Penne with creamy cashew-avocado sauce for a veggie overload on Meatless Monday
If you're looking to incorporate more plant-based meals into your diet, one of the best resources available is the Humane Society's weekly recipe mailer, which delivers a different delicious vegan meal to your inbox once every seven days. This penne-based dish (adapted from Nut Butter Universe) is a fabulous meal for several reasons: It uses cashews and avocados instead of dairy to create a rich cream sauce that you'll dream about for days afterward -- and will send even the carnivores at your table back for seconds -- and it's easy, requiring just a food processor/blender and an ability to boil water and prep veggies. (A mild amount of advanced preparation is involved.)
See also: - The ultimate vegan lasagna recipe for a family feast on Meatless Monday - Mediterranean pasta salad for a lighter meal on Meatless Monday - Vegan pasta with kale and butter beans for lunch on Meatless Monday
You will need:
1/2 cup raw cashews 16 ounces penne pasta (look for pasta without egg to make it vegan) 1 small head broccoli 1 small yellow squash (or half a giant one -- grill or saute the rest as a side dish later in the week) 2 garlic cloves 1 cup vegetable broth (worth it to make your own!) 2 ripe avocados 2 scallions 1 lemon 1/2 teaspoon salt Fresh ground black pepper 1 cup grape tomatoes 1-2 bunches fresh basil
1. The night before, place the raw cashews in a bowl and cover with plenty of water so it can soak.
Drain and rinse the cashews before using in the recipe.
2. Put a large pot of water on to boil (with a pinch of salt if you like) and start prepping your veggies while you wait for it to boil.
First, cut the broccoli into little florets. (Discard the stems -- compost!)
Cut the squash into thick slices.
Then cut the slices into little cubes.
Peel the carrot and cut into thin slices.
Peel and crush the garlic. Check the water; when it boils, add the pasta and cook for four minutes. Add the broccoli and carrots and cook for another three minutes, then add the squash and boil for two more minutes.
While the pasta and veggies are cooking, you'll have plenty of time to make the sauce.
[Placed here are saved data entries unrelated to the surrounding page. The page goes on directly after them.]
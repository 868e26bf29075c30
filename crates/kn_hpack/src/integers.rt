ghost use Rattle.std.specs.Prelude.{ℕ, ◌≤◌, ◌<◌, ◌≡◌, ◌^◌, IfOk, suc, ◌⊎◌};
ghost use Rattle.kn_hpack.specs.Faults.{Gives};
ghost use Rattle.kn_hpack.specs.Integers.{tail_at, integer_at};

use crate::fault::{HpackReason, TextError};

/// The continuation bytes, at most `left` of them.
#[tactic(auto, unfolding(crate::specs::Integers::tail_at))]
fn tail_of(bytes: &[u8], left: u8) -> Result<(u64, &[u8]), TextError>
    requires { left ≤ 5 }
    ensures value { Gives (λ x. (x.0, x.1.now)) result (tail_at left bytes.now) }
    ensures bound { IfOk result (λ x. x.0 < 128 ^ left) }
{
    match bytes {
        [] => Err(TextError::Fault(HpackReason::Cut)),
        [byte, rest @ ..] => {
            if left == 0 {
                return Err(TextError::Fault(HpackReason::Integer));
            }
            if *byte < 128 {
                return Ok((u64::from(*byte), rest));
            }
            let (high, rest) = tail_of(rest, left - 1)?;
            Ok((u64::from(*byte - 128) + 128 * high, rest))
        }
    }
}

/// The number at the front behind a prefix whose largest value is `top`, and the bytes after it
/// (RFC 7541, section 5.1).
#[tactic(auto, unfolding(crate::specs::Integers::integer_at))]
pub fn integer_at(bytes: &[u8], top: u8) -> Result<(u32, &[u8]), TextError>
    requires { top ≤ 127 }
    ensures value { Gives (λ x. (x.0, x.1.now)) result (integer_at top bytes.now) }
    ensures bound { IfOk result (λ x. x.0 ≤ 2147483647) }
{
    match bytes {
        [] => Err(TextError::Fault(HpackReason::Cut)),
        [byte, rest @ ..] => {
            let prefix = *byte % (top + 1);
            if prefix < top {
                return Ok((u32::from(prefix), rest));
            }
            let (more, rest) = tail_of(rest, 5)?;
            let number = u64::from(top) + more;
            if number > 2147483647 {
                return Err(TextError::Fault(HpackReason::Integer));
            }
            Ok((number as u32, rest))
        }
    }
}
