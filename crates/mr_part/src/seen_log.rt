ghost use Rattle.std.specs.Prelude.{◌≡◌, drop, IfOk, IfErr};

use crate::kept_rows::KeptRow;
use mr_base::Refusal;
use std::alloc::Global;
use std::marker::Model;
use std::rc::Rc;

/// Kept writes in the order of execution that are only read: a list of one's own, or one that is shared, of which the first so many aren't
/// seen. Sharing copies no write.
#[derive(Drop)]
pub(crate) struct SeenLog {
    rows: LogRows,
}

/// Which rows are seen.
#[derive(Drop)]
enum LogRows {
    Own(Vec<KeptRow>),
    Behind(Rc<Vec<KeptRow>>, usize),
}

impl Model for SeenLog {
    ghost use Rattle.std.specs.Prelude.{List};
    ghost use Rattle.mr_part.specs.declared.kept_rows.KeptRow.{KeptRow};

    ghost Value = { List KeptRow };

    ghost use Rattle.mr_part.specs.SeenLog.{seen_log};

    ghost view = { λ s. seen_log s.rows };
}

impl SeenLog {
    /// These rows.
    pub(crate) fn own(rows: Vec<KeptRow>) -> SeenLog
        ensures { result ≡ rows.items }
    {
        SeenLog {
            rows: LogRows::Own(rows),
        }
    }

    /// The rows of this log behind the first so many.
    pub(crate) fn behind(log: Rc<Vec<KeptRow>>, first: usize) -> SeenLog
        ensures { result ≡ drop first log.value.items }
    {
        SeenLog {
            rows: LogRows::Behind(log, first),
        }
    }

    /// The rows that are seen.
    pub(crate) fn as_slice(&self) -> &[KeptRow]
        ensures { result.now ≡ self.now }
    {
        match &self.rows {
            LogRows::Own(rows) => rows.as_slice(),
            LogRows::Behind(log, first) => behind_in(log.as_ref(), *first),
        }
    }

    /// The rows that are seen, moved if they are one's own, and else copied.
    pub(crate) fn into_rows(self, alloc: Global) -> Result<Vec<KeptRow>, Refusal>
        ensures rows { IfOk result (λ rows. rows.items ≡ self) }
        ensures only { IfErr result (λ e. e ≡ Refusal.OutOfMemory) }
    {
        match self.rows {
            LogRows::Own(rows) => Ok(rows),
            LogRows::Behind(log, first) => copies_of(alloc, behind_in(log.as_ref(), first)),
        }
    }
}

/// The rows behind the first so many.
fn behind_in(rows: &[KeptRow], first: usize) -> &[KeptRow]
    ensures { result.now ≡ drop first rows.now }
{
    let (_, seen) = rows.split_at(first.min(rows.len()));
    seen
}

/// Equal rows.
fn copies_of(alloc: Global, rows: &[KeptRow]) -> Result<Vec<KeptRow>, Refusal>
    ensures rows { IfOk result (λ copies. copies.items ≡ rows.now) }
    ensures only { IfErr result (λ e. e ≡ Refusal.OutOfMemory) }
{
    let mut copies = Vec::new(alloc);
    for row in rows {
        copies.push(row.copy(alloc)?)?;
    }
    Ok(copies)
}
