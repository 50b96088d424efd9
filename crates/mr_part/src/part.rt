use crate::seen_log::SeenLog;
use mr_base::RoomName;
use mr_replay::SeenBoard;
use mr_tables::summary::Summary;
use std::alloc::Global;
use std::marker::Model;

/// The rows of a replica's tables that one command needs, as values: its numbers and its rooms; the kept writes in scope in the
/// order of execution; and a board of the bookings in scope, be they booked, logged or cancelled. Both are its own or shared. It is
/// read for one call: what the call changes is the tables.
#[derive(Drop)]
pub struct Part {
    pub(crate) alloc: Global,
    pub(crate) summary: Summary,
    pub(crate) rooms: Vec<RoomName>,
    pub(crate) kept: SeenLog,
    pub(crate) board: SeenBoard,
}

impl Model for Part {
    ghost use Rattle.mr_part.specs.Parts.{PartView};

    ghost Value = { PartView };

    ghost view = { λ p. record {
      summary = p.summary;
      rooms = p.rooms.items;
      kept = p.kept;
      board = p.board;
    } };
}
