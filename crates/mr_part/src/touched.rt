ghost use Rattle.std.specs.Prelude.{◌≡◌, ◌&&◌, ◌||◌, map, bytes_eq, IfOk, OnOk, IfErr};
ghost use Rattle.mr_model.specs.Texts.{Text};
ghost use Rattle.mr_model.specs.Writes.{Id};
ghost use Rattle.mr_base.specs.Batches.{item_of};
ghost use Rattle.mr_part.specs.Sets.{has_id};
ghost use Rattle.mr_replay.specs.Seen.{has_room};
ghost use Rattle.mr_part.specs.Touched.{commits_id, writes_in, IsTouchedBy};

use crate::room_sets::{RoomSet, add_room};
use mr_base::{Item, Refusal, RoomName, WriteId};
use std::alloc::Global;
use std::collections::BTreeSet;

/// Ids of writes.
pub type IdSet = BTreeSet<WriteId>;

/// What a batch touches by itself, as far as it doesn't depend on the kept writes.
#[derive(Drop)]
pub struct Touched {
    /// The ids that its new commits name.
    pub committed: IdSet,
    /// The rooms of its writes.
    pub rooms: RoomSet,
}

impl Touched {
    /// What these items touch, if so many commits are known.
    pub fn by(alloc: Global, items: &[Item], commits: u64) -> Result<Touched, Refusal>
        ensures touched { IfOk result (λ touched. IsTouchedBy touched commits (map item_of items.now)) }
        ensures only { IfErr result (λ e. e ≡ Refusal.OutOfMemory) }
    {
        let mut touched = Touched {
            committed: BTreeSet::new(alloc),
            rooms: BTreeSet::new(alloc),
        };
        for item in items {
            touched.add(alloc, item, commits)?;
        }
        Ok(touched)
    }

    /// Adds what an item touches.
    fn add(&mut self, alloc: Global, item: &Item, commits: u64) -> Result<(), Refusal>
        ensures committed { OnOk result ((id : Id) → has_id self.new.committed id ≡ (commits_id commits id (item_of item.now) || has_id self.old.committed id)) }
        ensures rooms { OnOk result ((room : Text) → has_room self.new.rooms room ≡ (writes_in room (item_of item.now) || has_room self.old.rooms room)) }
        ensures only { IfErr result (λ e. e ≡ Refusal.OutOfMemory) }
    {
        match item {
            Item::W(write) => add_room(alloc, &mut self.rooms, &write.room),
            Item::C { seq, id } => {
                if seq.number() > commits {
                    self.committed.insert(*id)?;
                }
                Ok(())
            }
        }
    }
}

/// Adds the room of a write, if its id is one of these.
pub fn add_if_named(
    alloc: Global,
    rooms: &mut RoomSet,
    ids: &IdSet,
    id: WriteId,
    room: &RoomName,
) -> Result<(), Refusal>
    ensures rooms { OnOk result ((name : Text) → has_room rooms.new name ≡ ((has_id ids.now id && bytes_eq name room.now) || has_room rooms.old name)) }
    ensures only { IfErr result (λ e. e ≡ Refusal.OutOfMemory) }
{
    if ids.contains(&id) {
        add_room(alloc, rooms, room)?;
    }
    Ok(())
}
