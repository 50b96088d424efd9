//! The program: its words go to `mr::command`, and without any word standard input is rehearsed.
#![tactic(auto)]

use mr::WordFault;
use std::process::ExitCode;
use std::{env, io};

fn main(rt: HostRuntime) -> ExitCode {
    let mut out = io::writer(&rt);
    ExitCode::from(match words(&rt) {
        Ok(words) if words.is_empty() => mr::rehearse(rt.alloc(), rt.reader(), &mut out),
        Ok(words) => mr::command(&rt, rt.alloc(), words.as_slice(), &mut out),
        Err(fault) => mr::say_word_fault(fault, &mut out),
    })
}

// The words after the program's name.
fn words(rt: &HostRuntime) -> Result<Vec<String>, WordFault> {
    match env::args(rt) {
        Ok(args) => Ok(args.skip(1).collect(rt.alloc())?),
        Err(error) => Err(match error.kind() {
            io::ErrorKind::OutOfMemory => WordFault::Memory,
            _ => WordFault::Bad,
        }),
    }
}
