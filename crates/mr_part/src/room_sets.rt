ghost use Rattle.std.specs.Prelude.{◌≡◌, ◌&&◌, ◌||◌, not, bytes_eq, OnOk, IfOk, IfErr};
ghost use Rattle.std.specs.List.{list_any};
ghost use Rattle.std.specs.BTreeSet.{IsOrdered};
ghost use Rattle.std.specs.Cmp.Lexicographic.{slice_cmp};
ghost use Rattle.std.specs.Ordering.{nat_cmp};
ghost use Rattle.mr_model.specs.Texts.{Text};
ghost use Rattle.mr_part.specs.Sets.{IsSetOf};
ghost use Rattle.mr_replay.specs.Seen.{has_room};

use mr_base::{Refusal, RoomName};
use std::alloc::Global;
use std::collections::BTreeSet;

/// Rooms, each once, in the order of names.
pub type RoomSet = BTreeSet<RoomName>;

/// These rooms as a set.
pub fn room_set(alloc: Global, rooms: &[RoomName]) -> Result<RoomSet, Refusal>
    ensures set { IfOk result (λ set. IsSetOf set rooms.now) }
    ensures only { IfErr result (λ e. e ≡ Refusal.OutOfMemory) }
{
    let mut set = BTreeSet::new(alloc);
    for room in rooms {
        add_room(alloc, &mut set, room)?;
    }
    Ok(set)
}

/// Adds the room, unless it is there.
pub(crate) fn add_room(alloc: Global, set: &mut RoomSet, room: &RoomName) -> Result<(), Refusal>
    ensures rooms { OnOk result ((name : Text) → has_room set.new name ≡ (bytes_eq name room.now || has_room set.old name)) }
    ensures only { IfErr result (λ e. e ≡ Refusal.OutOfMemory) }
{
    if !set.contains(room) {
        set.insert(room.copy(alloc)?)?;
    }
    Ok(())
}

/// The rooms of a set, as a list.
pub fn names_of(alloc: Global, set: RoomSet) -> Result<Vec<RoomName>, Refusal>
    ensures names { IfOk result (λ names. names.items ≡ set.keys) }
    ensures ordered { IsOrdered (slice_cmp nat_cmp) set }
    ensures only { IfErr result (λ e. e ≡ Refusal.OutOfMemory) }
{
    let mut names = Vec::with_capacity(alloc, set.len())?;
    for name in set {
        names.push(name)?;
    }
    Ok(names)
}

/// Those rooms of a set that are not among the known ones, in the order of names. Nothing is copied, and each known room costs a
/// logarithm of how many the set has.
pub(crate) fn unknown_rooms(
    alloc: Global,
    known: &[RoomName],
    rooms: RoomSet,
) -> Result<Vec<RoomName>, Refusal>
    ensures unknown { IfOk result (λ unknown. (name : Text) → list_any (bytes_eq name) unknown.items ≡ (not (list_any (bytes_eq name) known.now) && has_room rooms name)) }
    ensures only { IfErr result (λ e. e ≡ Refusal.OutOfMemory) }
{
    let mut left = rooms;
    for room in known {
        left.remove(room);
    }
    let unknown = names_of(alloc, left)?;
    Ok(unknown)
}
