ghost use Rattle.std.specs.Prelude.{◌≡◌, ◌||◌, ℕ, not, map};
ghost use Rattle.mr_model.specs.Scopes.{time_before};
ghost use Rattle.mr_base.specs.Batches.{item_of};
ghost use Rattle.mr_part.specs.Tails.{has_place, brings, IsTail};

use mr_base::{Item, ServerId};

/// The places in the order of stamps whose tentative writes a batch may move. It is made once for a batch, so that each write is
/// asked in constant time.
#[derive(Clone, Copy, Debug)]
pub enum Tail {
    /// All of them: the batch has a new commit.
    Everything,
    /// Those at or behind this time and server: the least stamp of the batch's writes.
    From(u64, ServerId),
    /// None: the batch has neither.
    Nothing,
}

/// The tail of these items, if so many commits are known.
pub fn tail_of(items: &[Item], commits: u64) -> Tail
    ensures { IsTail result commits (map item_of items.now) }
{
    let mut tail = Tail::Nothing;
    for item in items {
        tail = tail.with_item(item, commits);
    }
    tail
}

impl Tail {
    /// Whether this place is in the tail.
    pub fn has_place(&self, time: u64, server: ServerId) -> bool
        ensures { result ≡ has_place self.now time server }
    {
        match self {
            Tail::Everything => true,
            Tail::From(first_time, first_server) => {
                !is_before(time, server, *first_time, *first_server)
            }
            Tail::Nothing => false,
        }
    }

    /// The tail with what an item brings into it.
    fn with_item(self, item: &Item, commits: u64) -> Tail
        ensures { (time server : ℕ) → has_place result time server ≡ (has_place self time server || brings commits (item_of item.now) time server) }
    {
        match item {
            Item::W(write) => {
                let stamp = write.stamp;
                self.with_place(stamp.time, stamp.server)
            }
            Item::C { seq, .. } => {
                if seq.number() > commits {
                    Tail::Everything
                } else {
                    self
                }
            }
        }
    }

    /// The tail with the places at or behind this one.
    fn with_place(self, time: u64, server: ServerId) -> Tail
        ensures { (t s : ℕ) → has_place result t s ≡ (has_place self t s || not (time_before t s time server)) }
    {
        match self {
            Tail::Everything => Tail::Everything,
            Tail::From(first_time, first_server) => {
                if is_before(time, server, first_time, first_server) {
                    Tail::From(time, server)
                } else {
                    self
                }
            }
            Tail::Nothing => Tail::From(time, server),
        }
    }
}

/// Whether a place stands before another one in the order of stamps.
fn is_before(time: u64, server: ServerId, other_time: u64, other_server: ServerId) -> bool
    ensures { result ≡ time_before time server other_time other_server }
{
    time < other_time || (time == other_time && server < other_server)
}
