//! A batch that is received: its items are judged and taken, what they move is executed anew, and what that changes in the tables is handed out.

mod candidate;
mod changed;
mod judge;
mod kept_writes;
mod movable;
mod moved;
mod receive;
mod targets;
3. Warm the broth in the microwave or on the stovetop; when it's hot, put it in the food processor or blender with the cashews and crushed garlic.
It'll look watery when you're done, but have no fear -- the avocado will thicken it up.
4. Cut the scallions into two-inch pieces and add to the sauce, along with the juice from the lemon, salt and pepper.
Scoop the two avocados into the food processor or blender.
Process until smooth. (See -- nice and creamy!)
How are your pasta timers going? It should be almost time to take those ingredients out of the boiling water.
5. Drain the pasta and veggies thoroughly and return to the pot.
6. If you have helpers, put them to work cutting the grape tomatoes in half -- or do it yourself.
Stack the basil leaves, fold them and then slice into thin strips.
7. Thoroughly mix the sauce with the pasta and veggies.
Add the tomatoes and basil and fold them in gently.
Serve with crusty bread and olive oil or vegan butter. This recipe makes enough for four hungry adults.